*** Opening of SOURCE MATERIAL ***
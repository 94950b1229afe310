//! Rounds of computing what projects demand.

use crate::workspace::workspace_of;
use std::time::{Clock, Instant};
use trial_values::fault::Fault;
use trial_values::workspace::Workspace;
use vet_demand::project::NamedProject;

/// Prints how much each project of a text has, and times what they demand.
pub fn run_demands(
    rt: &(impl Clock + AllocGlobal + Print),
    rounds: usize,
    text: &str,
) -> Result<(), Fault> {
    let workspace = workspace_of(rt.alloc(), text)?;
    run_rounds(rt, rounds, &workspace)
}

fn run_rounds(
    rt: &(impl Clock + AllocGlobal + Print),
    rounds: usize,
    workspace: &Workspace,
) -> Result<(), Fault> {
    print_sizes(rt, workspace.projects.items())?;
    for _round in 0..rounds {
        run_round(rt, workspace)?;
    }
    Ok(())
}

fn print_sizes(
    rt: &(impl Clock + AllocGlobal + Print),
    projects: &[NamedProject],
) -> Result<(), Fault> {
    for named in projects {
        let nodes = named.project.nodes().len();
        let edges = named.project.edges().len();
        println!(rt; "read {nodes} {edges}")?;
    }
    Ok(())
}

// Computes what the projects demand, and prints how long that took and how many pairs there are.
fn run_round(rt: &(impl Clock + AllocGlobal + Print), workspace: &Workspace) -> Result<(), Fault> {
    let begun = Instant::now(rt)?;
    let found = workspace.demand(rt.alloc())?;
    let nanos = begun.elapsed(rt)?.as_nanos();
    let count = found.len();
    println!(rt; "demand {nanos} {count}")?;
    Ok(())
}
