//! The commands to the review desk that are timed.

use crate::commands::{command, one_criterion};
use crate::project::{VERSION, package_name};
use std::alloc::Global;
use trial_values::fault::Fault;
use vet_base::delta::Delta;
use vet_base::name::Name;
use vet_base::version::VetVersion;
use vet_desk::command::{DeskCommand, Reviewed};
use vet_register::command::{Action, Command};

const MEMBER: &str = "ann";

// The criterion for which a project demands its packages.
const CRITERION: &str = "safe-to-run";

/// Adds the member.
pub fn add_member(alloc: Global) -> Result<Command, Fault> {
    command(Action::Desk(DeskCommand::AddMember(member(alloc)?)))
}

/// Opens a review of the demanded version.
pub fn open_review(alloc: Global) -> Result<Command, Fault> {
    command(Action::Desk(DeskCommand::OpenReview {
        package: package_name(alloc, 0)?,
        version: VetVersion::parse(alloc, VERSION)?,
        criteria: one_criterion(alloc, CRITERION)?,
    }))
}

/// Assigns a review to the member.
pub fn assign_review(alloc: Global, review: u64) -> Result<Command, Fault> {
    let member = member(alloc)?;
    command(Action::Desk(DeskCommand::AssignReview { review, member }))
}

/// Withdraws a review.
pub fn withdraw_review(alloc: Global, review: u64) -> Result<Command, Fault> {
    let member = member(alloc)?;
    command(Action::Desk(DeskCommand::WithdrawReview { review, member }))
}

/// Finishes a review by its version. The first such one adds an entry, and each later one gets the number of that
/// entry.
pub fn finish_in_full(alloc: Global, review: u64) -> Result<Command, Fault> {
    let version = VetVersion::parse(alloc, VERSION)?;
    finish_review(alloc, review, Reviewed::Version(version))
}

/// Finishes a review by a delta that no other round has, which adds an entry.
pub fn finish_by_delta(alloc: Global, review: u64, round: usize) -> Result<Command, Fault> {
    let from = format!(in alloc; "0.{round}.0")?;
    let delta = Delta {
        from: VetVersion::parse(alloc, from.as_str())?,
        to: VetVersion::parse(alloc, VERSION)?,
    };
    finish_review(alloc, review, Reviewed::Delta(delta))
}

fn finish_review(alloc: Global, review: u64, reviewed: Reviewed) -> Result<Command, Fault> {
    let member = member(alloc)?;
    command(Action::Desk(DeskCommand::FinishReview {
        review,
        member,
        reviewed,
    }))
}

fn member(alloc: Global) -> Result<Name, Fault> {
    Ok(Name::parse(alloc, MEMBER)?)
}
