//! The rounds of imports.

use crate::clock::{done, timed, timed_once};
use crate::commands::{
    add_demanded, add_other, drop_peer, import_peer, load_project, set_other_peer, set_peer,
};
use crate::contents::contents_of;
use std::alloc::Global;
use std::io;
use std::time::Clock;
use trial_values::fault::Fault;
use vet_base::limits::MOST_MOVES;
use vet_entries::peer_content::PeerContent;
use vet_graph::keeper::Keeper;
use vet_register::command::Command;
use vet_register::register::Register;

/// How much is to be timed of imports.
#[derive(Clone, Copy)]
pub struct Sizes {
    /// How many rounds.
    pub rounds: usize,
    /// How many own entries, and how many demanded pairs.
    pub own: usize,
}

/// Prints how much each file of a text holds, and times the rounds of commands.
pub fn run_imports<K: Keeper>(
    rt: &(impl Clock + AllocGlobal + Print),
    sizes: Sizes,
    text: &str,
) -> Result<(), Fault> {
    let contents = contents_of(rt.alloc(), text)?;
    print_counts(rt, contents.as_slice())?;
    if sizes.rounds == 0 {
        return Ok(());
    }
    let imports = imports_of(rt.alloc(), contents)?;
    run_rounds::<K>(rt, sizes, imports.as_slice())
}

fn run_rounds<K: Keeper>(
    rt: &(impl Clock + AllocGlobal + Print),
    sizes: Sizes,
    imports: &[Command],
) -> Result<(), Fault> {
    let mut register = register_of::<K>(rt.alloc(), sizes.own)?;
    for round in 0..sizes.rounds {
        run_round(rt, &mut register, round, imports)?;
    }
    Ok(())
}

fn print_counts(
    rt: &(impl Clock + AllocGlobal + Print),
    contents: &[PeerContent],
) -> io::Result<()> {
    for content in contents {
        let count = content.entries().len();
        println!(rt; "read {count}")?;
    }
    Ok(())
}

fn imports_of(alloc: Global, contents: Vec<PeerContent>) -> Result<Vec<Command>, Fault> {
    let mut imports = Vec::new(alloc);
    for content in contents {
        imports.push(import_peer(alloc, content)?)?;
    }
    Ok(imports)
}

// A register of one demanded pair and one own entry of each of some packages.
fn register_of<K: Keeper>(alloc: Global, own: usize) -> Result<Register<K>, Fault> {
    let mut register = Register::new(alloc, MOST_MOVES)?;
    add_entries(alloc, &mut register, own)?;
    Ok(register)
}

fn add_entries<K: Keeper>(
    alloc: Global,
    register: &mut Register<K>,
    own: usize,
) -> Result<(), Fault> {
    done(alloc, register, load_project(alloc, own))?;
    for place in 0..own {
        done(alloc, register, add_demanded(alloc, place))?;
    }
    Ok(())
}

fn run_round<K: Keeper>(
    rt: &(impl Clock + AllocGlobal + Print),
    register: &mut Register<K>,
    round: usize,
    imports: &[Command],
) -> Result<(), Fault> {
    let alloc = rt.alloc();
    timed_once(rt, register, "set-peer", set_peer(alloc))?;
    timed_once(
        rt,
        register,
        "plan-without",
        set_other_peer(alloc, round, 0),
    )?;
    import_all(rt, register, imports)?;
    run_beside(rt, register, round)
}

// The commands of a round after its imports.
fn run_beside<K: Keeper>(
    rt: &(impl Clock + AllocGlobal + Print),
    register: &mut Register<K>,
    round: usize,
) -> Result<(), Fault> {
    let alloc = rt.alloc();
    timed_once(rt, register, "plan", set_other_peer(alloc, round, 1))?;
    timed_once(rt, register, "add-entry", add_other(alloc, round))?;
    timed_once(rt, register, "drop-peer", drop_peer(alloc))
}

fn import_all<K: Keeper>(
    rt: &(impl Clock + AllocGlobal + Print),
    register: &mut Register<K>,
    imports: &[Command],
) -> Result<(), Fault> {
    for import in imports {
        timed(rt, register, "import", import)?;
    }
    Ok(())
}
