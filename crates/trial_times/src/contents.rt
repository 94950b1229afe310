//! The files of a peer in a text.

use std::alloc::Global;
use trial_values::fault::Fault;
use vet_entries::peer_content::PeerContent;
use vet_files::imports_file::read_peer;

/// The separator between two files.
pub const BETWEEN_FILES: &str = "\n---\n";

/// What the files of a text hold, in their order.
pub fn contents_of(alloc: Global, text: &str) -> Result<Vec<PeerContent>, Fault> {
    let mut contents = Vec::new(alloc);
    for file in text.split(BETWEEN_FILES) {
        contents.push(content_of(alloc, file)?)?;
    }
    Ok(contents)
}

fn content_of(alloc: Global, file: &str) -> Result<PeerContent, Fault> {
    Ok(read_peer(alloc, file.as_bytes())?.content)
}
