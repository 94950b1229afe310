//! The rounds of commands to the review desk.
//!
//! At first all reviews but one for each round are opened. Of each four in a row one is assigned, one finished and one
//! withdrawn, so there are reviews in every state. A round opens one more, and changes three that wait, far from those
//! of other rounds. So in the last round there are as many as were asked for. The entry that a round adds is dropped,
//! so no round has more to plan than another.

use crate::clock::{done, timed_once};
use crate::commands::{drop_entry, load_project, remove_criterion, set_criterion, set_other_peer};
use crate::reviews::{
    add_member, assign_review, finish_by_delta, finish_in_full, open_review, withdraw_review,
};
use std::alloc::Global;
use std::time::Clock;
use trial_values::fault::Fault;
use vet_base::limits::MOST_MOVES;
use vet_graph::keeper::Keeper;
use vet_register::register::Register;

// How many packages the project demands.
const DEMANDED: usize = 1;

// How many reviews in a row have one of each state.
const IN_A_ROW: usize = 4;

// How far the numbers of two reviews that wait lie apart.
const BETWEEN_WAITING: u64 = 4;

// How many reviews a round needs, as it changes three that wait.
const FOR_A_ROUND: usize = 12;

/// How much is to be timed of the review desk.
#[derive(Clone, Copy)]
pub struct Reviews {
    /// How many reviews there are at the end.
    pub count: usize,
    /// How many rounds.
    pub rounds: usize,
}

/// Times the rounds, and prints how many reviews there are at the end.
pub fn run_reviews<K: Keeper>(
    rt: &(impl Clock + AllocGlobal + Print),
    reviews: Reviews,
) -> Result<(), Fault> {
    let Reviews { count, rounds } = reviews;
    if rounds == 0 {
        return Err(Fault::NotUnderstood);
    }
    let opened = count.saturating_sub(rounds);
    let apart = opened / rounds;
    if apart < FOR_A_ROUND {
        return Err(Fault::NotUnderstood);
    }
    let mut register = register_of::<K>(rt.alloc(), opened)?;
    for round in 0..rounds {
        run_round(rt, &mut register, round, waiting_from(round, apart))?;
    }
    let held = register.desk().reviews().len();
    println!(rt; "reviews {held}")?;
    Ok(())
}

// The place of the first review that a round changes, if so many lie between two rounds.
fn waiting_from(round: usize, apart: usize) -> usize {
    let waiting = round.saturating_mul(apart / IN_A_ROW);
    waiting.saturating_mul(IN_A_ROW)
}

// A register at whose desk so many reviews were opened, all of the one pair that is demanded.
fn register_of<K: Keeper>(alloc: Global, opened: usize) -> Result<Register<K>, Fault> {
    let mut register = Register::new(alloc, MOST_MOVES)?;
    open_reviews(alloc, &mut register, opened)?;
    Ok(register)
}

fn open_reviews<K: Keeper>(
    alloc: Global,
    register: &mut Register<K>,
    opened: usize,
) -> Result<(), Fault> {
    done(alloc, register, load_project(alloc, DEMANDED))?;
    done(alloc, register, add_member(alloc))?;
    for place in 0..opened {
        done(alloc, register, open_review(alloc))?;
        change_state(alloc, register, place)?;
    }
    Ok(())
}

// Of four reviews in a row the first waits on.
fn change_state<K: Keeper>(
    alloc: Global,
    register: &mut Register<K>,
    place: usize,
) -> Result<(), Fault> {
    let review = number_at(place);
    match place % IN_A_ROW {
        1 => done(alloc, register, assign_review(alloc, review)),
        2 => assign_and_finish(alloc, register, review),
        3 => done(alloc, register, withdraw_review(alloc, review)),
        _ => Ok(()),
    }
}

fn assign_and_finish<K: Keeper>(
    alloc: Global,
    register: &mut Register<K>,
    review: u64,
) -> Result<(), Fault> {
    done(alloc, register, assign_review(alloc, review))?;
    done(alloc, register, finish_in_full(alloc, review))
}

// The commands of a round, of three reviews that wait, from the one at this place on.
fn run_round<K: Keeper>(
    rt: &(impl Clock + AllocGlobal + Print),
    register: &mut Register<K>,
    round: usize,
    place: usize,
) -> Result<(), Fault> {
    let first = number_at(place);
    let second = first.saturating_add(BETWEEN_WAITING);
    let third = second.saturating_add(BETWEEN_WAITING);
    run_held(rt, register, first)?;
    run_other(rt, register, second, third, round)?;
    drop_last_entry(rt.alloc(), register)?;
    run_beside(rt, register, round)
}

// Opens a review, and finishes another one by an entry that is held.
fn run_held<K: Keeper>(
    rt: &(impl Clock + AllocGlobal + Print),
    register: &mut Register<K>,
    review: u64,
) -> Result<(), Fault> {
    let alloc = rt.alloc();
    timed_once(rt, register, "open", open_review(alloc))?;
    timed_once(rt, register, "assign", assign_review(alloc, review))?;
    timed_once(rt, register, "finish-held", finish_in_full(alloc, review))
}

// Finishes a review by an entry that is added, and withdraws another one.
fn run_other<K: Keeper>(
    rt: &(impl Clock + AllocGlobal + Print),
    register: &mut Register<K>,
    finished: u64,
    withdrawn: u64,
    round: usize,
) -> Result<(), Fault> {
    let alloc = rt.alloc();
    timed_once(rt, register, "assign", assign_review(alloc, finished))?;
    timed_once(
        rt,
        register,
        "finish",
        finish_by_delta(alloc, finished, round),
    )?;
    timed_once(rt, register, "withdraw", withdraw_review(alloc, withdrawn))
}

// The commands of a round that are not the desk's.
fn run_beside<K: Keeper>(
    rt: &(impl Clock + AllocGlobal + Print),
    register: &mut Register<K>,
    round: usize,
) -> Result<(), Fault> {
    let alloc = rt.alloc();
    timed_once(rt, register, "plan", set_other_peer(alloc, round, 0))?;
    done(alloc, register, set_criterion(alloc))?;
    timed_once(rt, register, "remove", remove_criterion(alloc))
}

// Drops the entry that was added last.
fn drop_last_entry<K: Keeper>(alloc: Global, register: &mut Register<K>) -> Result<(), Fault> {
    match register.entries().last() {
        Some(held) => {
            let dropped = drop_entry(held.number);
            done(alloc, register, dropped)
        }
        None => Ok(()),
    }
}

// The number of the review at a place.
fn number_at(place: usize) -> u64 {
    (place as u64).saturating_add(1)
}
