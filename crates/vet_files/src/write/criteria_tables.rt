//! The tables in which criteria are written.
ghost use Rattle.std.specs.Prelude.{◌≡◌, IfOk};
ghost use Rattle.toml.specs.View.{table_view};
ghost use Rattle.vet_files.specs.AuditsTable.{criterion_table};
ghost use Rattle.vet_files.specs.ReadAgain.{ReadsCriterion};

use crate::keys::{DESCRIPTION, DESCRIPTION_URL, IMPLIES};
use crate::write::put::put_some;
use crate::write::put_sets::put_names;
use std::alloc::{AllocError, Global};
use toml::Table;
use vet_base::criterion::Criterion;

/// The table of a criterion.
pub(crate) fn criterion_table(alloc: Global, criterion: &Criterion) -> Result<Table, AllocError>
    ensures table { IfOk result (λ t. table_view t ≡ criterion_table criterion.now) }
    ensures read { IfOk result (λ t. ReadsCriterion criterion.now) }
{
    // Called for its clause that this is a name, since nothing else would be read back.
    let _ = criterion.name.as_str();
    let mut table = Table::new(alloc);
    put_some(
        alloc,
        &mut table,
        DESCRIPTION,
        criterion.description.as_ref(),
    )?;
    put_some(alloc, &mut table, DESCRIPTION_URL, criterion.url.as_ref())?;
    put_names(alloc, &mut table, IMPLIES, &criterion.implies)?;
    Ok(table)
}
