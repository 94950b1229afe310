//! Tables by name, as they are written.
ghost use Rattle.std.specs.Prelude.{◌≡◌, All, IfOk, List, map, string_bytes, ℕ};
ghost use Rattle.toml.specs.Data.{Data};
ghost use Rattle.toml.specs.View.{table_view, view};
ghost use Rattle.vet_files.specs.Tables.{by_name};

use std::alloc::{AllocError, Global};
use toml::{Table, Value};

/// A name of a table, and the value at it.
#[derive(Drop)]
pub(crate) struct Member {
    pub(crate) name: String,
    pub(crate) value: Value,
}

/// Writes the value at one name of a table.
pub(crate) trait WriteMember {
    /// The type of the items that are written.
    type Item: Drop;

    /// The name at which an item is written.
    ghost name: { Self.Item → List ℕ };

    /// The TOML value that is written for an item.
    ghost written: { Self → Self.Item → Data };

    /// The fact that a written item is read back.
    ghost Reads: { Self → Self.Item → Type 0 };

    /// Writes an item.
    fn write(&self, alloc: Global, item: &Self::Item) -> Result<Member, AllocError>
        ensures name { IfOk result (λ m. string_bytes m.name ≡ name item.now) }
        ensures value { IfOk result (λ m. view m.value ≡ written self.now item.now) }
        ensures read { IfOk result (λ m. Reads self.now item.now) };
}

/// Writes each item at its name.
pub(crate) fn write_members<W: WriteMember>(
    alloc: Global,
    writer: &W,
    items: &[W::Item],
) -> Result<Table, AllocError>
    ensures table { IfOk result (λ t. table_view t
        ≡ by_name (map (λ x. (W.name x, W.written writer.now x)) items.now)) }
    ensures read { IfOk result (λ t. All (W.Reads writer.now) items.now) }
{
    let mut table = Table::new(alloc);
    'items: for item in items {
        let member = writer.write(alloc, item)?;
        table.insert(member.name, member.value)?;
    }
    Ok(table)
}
*** Close of SOURCE MATERIAL ***
Each line above where the word "another" occurs should be copied out.

• ANSWER SPACE:
//! so no round has more to plan than another.
// Opens a review, and finishes another one by an entry that is held.
// Finishes a review by an entry that is added, and withdraws another one.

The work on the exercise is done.